▶ **What is required**: Reproduce the data exactly as it stands.

(Records to process begins)

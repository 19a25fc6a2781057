ghost use Rattle.std.specs.Prelude.{◌≡◌, ◌⊎◌, ◌+◌, ◌-◌, ◌^◌, ◌<◌, ◌≤◌, [], ◌∷◌, ◌++◌, length, drop, IfOk, IfErr, OnOk};
ghost use Rattle.flow_spec.specs.Successors.{successors, leads_to};
ghost use Rattle.frame_stacks.specs.Stacks.{frames_of};
ghost use Rattle.call_expand.specs.Point.{configuration_at, configurations_at, ArePoints, IsPoint, GoesOn, IsEdge, FailsAt, Opens, AreAllFollowed};

use crate::point::{Edges, Point};
use crate::program::Program;
use flow_spec::{FlowFault, Frame, Next};
use frame_stacks::Stacks;
use std::alloc::AllocError;

// Where control goes from a point, or the fault of its configuration.
fn edges_of(program: &Program, stacks: &mut Stacks, point: Point) -> Result<Edges, FlowFault>
    requires point { IsPoint program.now stacks.old point }
    requires room { length stacks.old < 2 ^ 32 - 1 }
    ensures edge { IfOk result (λ edges.
        IsEdge (successors program.now) program.now stacks.new point edges) }
    ensures goes_on { OnOk result (GoesOn stacks.old stacks.new) }
    ensures one { OnOk result (length stacks.new ≤ length stacks.old + 1) }
    ensures fault { IfErr result (λ fault. (fault ≡ FlowFault.OutOfMemory)
        ⊎ (successors program.now (configuration_at stacks.old point) ≡ Err fault)) }
{
    // What the instruction does counts after its last part.
    if u32::from(point.part) + 1 < program.parts(point.at) {
        return Ok(Edges {
            first: Some(Point {
                part: point.part + 1,
                ..point
            }),
            second: None,
        });
    }
    match program.next_of(point.at, stacks.top(point.stack))? {
        Next::Ends => Ok(Edges {
            first: None,
            second: None,
        }),
        Next::Go(target) => Ok(one(target, point.stack)),
        Next::Fork(next, target) => Ok(Edges {
            first: Some(Point {
                at: next,
                part: 0,
                stack: point.stack,
            }),
            second: Some(Point {
                at: target,
                part: 0,
                stack: point.stack,
            }),
        }),
        Next::Enter { target, frame } => enter(program.entry(), stacks, point, target, frame),
        Next::Back(target) => Ok(one(target, stacks.below(point.stack))),
    }
}

// Control comes to one instruction, at its first part.
fn one(at: u32, stack: u32) -> Edges
    ensures { result ≡ record { first = Some (record { at = at; part = 0; stack = stack }); second = None } }
{
    Edges {
        first: Some(Point { at, part: 0, stack }),
        second: None,
    }
}

fn enter(
    entry: u32,
    stacks: &mut Stacks,
    point: Point,
    target: u32,
    frame: Frame,
) -> Result<Edges, FlowFault>
    requires known { point.stack ≤ length stacks.old }
    requires room { length stacks.old < 2 ^ 32 - 1 }
    ensures goes { IfOk result (λ edges. Opens entry stacks.old stacks.new point target frame edges) }
    ensures goes_on { OnOk result (GoesOn stacks.old stacks.new) }
    ensures one { OnOk result (length stacks.new ≤ length stacks.old + 1) }
    ensures fault { IfErr result (λ fault. (fault ≡ FlowFault.OutOfMemory)
        ⊎ (leads_to entry (frames_of stacks.old point.stack) point.at (Next.Enter target frame) ≡ Err fault)) }
{
    if target == entry || stacks.has_callee(point.stack, target) {
        return Err(FlowFault::Recursion { at: point.at });
    }
    Ok(one(target, stacks.push(point.stack, frame)?))
}

// Follows each point, and adds its edges after the others.
fn follow_all(
    program: &Program,
    stacks: &mut Stacks,
    points: &[Point],
    edges: &mut Vec<Edges>,
) -> Result<(), FlowFault>
    requires points { ArePoints program.now stacks.old points.now }
    requires room { length stacks.old + length points.now < 2 ^ 32 - 1 }
    ensures followed { OnOk result (AreAllFollowed (successors program.now) program.now stacks.old stacks.new points.now
        edges.old.items edges.new.items) }
    ensures fault { IfErr result (λ fault. (fault ≡ FlowFault.OutOfMemory)
        ⊎ FailsAt (successors program.now) (configurations_at stacks.old points.now) fault) }
{
    for point in points {
        let next = edges_of(program, stacks, *point)?;
        push(edges, next)?;
    }
    Ok(())
}

// Follows the points from index `start` on.
pub(crate) fn follow_from(
    program: &Program,
    stacks: &mut Stacks,
    points: &[Point],
    start: usize,
    edges: &mut Vec<Edges>,
) -> Result<(), FlowFault>
    requires within { start ≤ length points.now }
    requires points { ArePoints program.now stacks.old (drop start points.now) }
    requires room { length stacks.old + length points.now < 2 ^ 32 - 1 }
    ensures followed { OnOk result (AreAllFollowed (successors program.now) program.now stacks.old stacks.new
        (drop start points.now) edges.old.items edges.new.items) }
    ensures fault { IfErr result (λ fault. (fault ≡ FlowFault.OutOfMemory)
        ⊎ FailsAt (successors program.now) (configurations_at stacks.old (drop start points.now)) fault) }
{
    follow_all(program, stacks, &points[start..], edges)
}

fn push(edges: &mut Vec<Edges>, next: Edges) -> Result<(), AllocError>
    ensures { OnOk result (edges.new.items ≡ edges.old.items ++ next ∷ []) }
{
    edges.push(next)?;
    Ok(())
}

(Records to process ends)

▶ **Problem solution**:
repository 19a25fc6a2781057
ghost use Rattle.std.specs.Prelude.{◌≡◌, ◌⊎◌, ◌+◌, ◌-◌, ◌^◌, ◌<◌, ◌≤◌, [], ◌∷◌, ◌++◌, length, drop, IfOk, IfErr, OnOk};
ghost use Rattle.flow_spec.specs.Successors.{successors, leads_to};
ghost use Rattle.frame_stacks.specs.Stacks.{frames_of};
ghost use Rattle.call_expand.specs.Point.{configuration_at, configurations_at, ArePoints, IsPoint, GoesOn, IsEdge, FailsAt, Opens, AreAllFollowed};

use crate::point::{Edges, Point};
use crate::program::Program;
use flow_spec::{FlowFault, Frame, Next};
use frame_stacks::Stacks;
use std::alloc::AllocError;

// Where control goes from a point, or the fault of its configuration.
fn edges_of(program: &Program, stacks: &mut Stacks, point: Point) -> Result<Edges, FlowFault>
    requires point { IsPoint program.now stacks.old point }
    requires room { length stacks.old < 2 ^ 32 - 1 }
    ensures edge { IfOk result (λ edges.
        IsEdge (successors program.now) program.now stacks.new point edges) }
    ensures goes_on { OnOk result (GoesOn stacks.old stacks.new) }
    ensures one { OnOk result (length stacks.new ≤ length stacks.old + 1) }
    ensures fault { IfErr result (λ fault. (fault ≡ FlowFault.OutOfMemory)
        ⊎ (successors program.now (configuration_at stacks.old point) ≡ Err fault)) }
{
    // What the instruction does counts after its last part.
    if u32::from(point.part) + 1 < program.parts(point.at) {
        return Ok(Edges {
            first: Some(Point {
                part: point.part + 1,
                ..point
            }),
            second: None,
        });
    }
    match program.next_of(point.at, stacks.top(point.stack))? {
        Next::Ends => Ok(Edges {
            first: None,
            second: None,
        }),
        Next::Go(target) => Ok(one(target, point.stack)),
        Next::Fork(next, target) => Ok(Edges {
            first: Some(Point {
                at: next,
                part: 0,
                stack: point.stack,
            }),
            second: Some(Point {
                at: target,
                part: 0,
                stack: point.stack,
            }),
        }),
        Next::Enter { target, frame } => enter(program.entry(), stacks, point, target, frame),
        Next::Back(target) => Ok(one(target, stacks.below(point.stack))),
    }
}

// Control comes to one instruction, at its first part.
fn one(at: u32, stack: u32) -> Edges
    ensures { result ≡ record { first = Some (record { at = at; part = 0; stack = stack }); second = None } }
{
    Edges {
        first: Some(Point { at, part: 0, stack }),
        second: None,
    }
}

fn enter(
    entry: u32,
    stacks: &mut Stacks,
    point: Point,
    target: u32,
    frame: Frame,
) -> Result<Edges, FlowFault>
    requires known { point.stack ≤ length stacks.old }
    requires room { length stacks.old < 2 ^ 32 - 1 }
    ensures goes { IfOk result (λ edges. Opens entry stacks.old stacks.new point target frame edges) }
    ensures goes_on { OnOk result (GoesOn stacks.old stacks.new) }
    ensures one { OnOk result (length stacks.new ≤ length stacks.old + 1) }
    ensures fault { IfErr result (λ fault. (fault ≡ FlowFault.OutOfMemory)
        ⊎ (leads_to entry (frames_of stacks.old point.stack) point.at (Next.Enter target frame) ≡ Err fault)) }
{
    if target == entry || stacks.has_callee(point.stack, target) {
        return Err(FlowFault::Recursion { at: point.at });
    }
    Ok(one(target, stacks.push(point.stack, frame)?))
}

// Follows each point, and adds its edges after the others.
fn follow_all(
    program: &Program,
    stacks: &mut Stacks,
    points: &[Point],
    edges: &mut Vec<Edges>,
) -> Result<(), FlowFault>
    requires points { ArePoints program.now stacks.old points.now }
    requires room { length stacks.old + length points.now < 2 ^ 32 - 1 }
    ensures followed { OnOk result (AreAllFollowed (successors program.now) program.now stacks.old stacks.new points.now
        edges.old.items edges.new.items) }
    ensures fault { IfErr result (λ fault. (fault ≡ FlowFault.OutOfMemory)
        ⊎ FailsAt (successors program.now) (configurations_at stacks.old points.now) fault) }
{
    for point in points {
        let next = edges_of(program, stacks, *point)?;
        push(edges, next)?;
    }
    Ok(())
}

// Follows the points from index `start` on.
pub(crate) fn follow_from(
    program: &Program,
    stacks: &mut Stacks,
    points: &[Point],
    start: usize,
    edges: &mut Vec<Edges>,
) -> Result<(), FlowFault>
    requires within { start ≤ length points.now }
    requires points { ArePoints program.now stacks.old (drop start points.now) }
    requires room { length stacks.old + length points.now < 2 ^ 32 - 1 }
    ensures followed { OnOk result (AreAllFollowed (successors program.now) program.now stacks.old stacks.new
        (drop start points.now) edges.old.items edges.new.items) }
    ensures fault { IfErr result (λ fault. (fault ≡ FlowFault.OutOfMemory)
        ⊎ FailsAt (successors program.now) (configurations_at stacks.old (drop start points.now)) fault) }
{
    follow_all(program, stacks, &points[start..], edges)
}

fn push(edges: &mut Vec<Edges>, next: Edges) -> Result<(), AllocError>
    ensures { OnOk result (edges.new.items ≡ edges.old.items ++ next ∷ []) }
{
    edges.push(next)?;
    Ok(())
}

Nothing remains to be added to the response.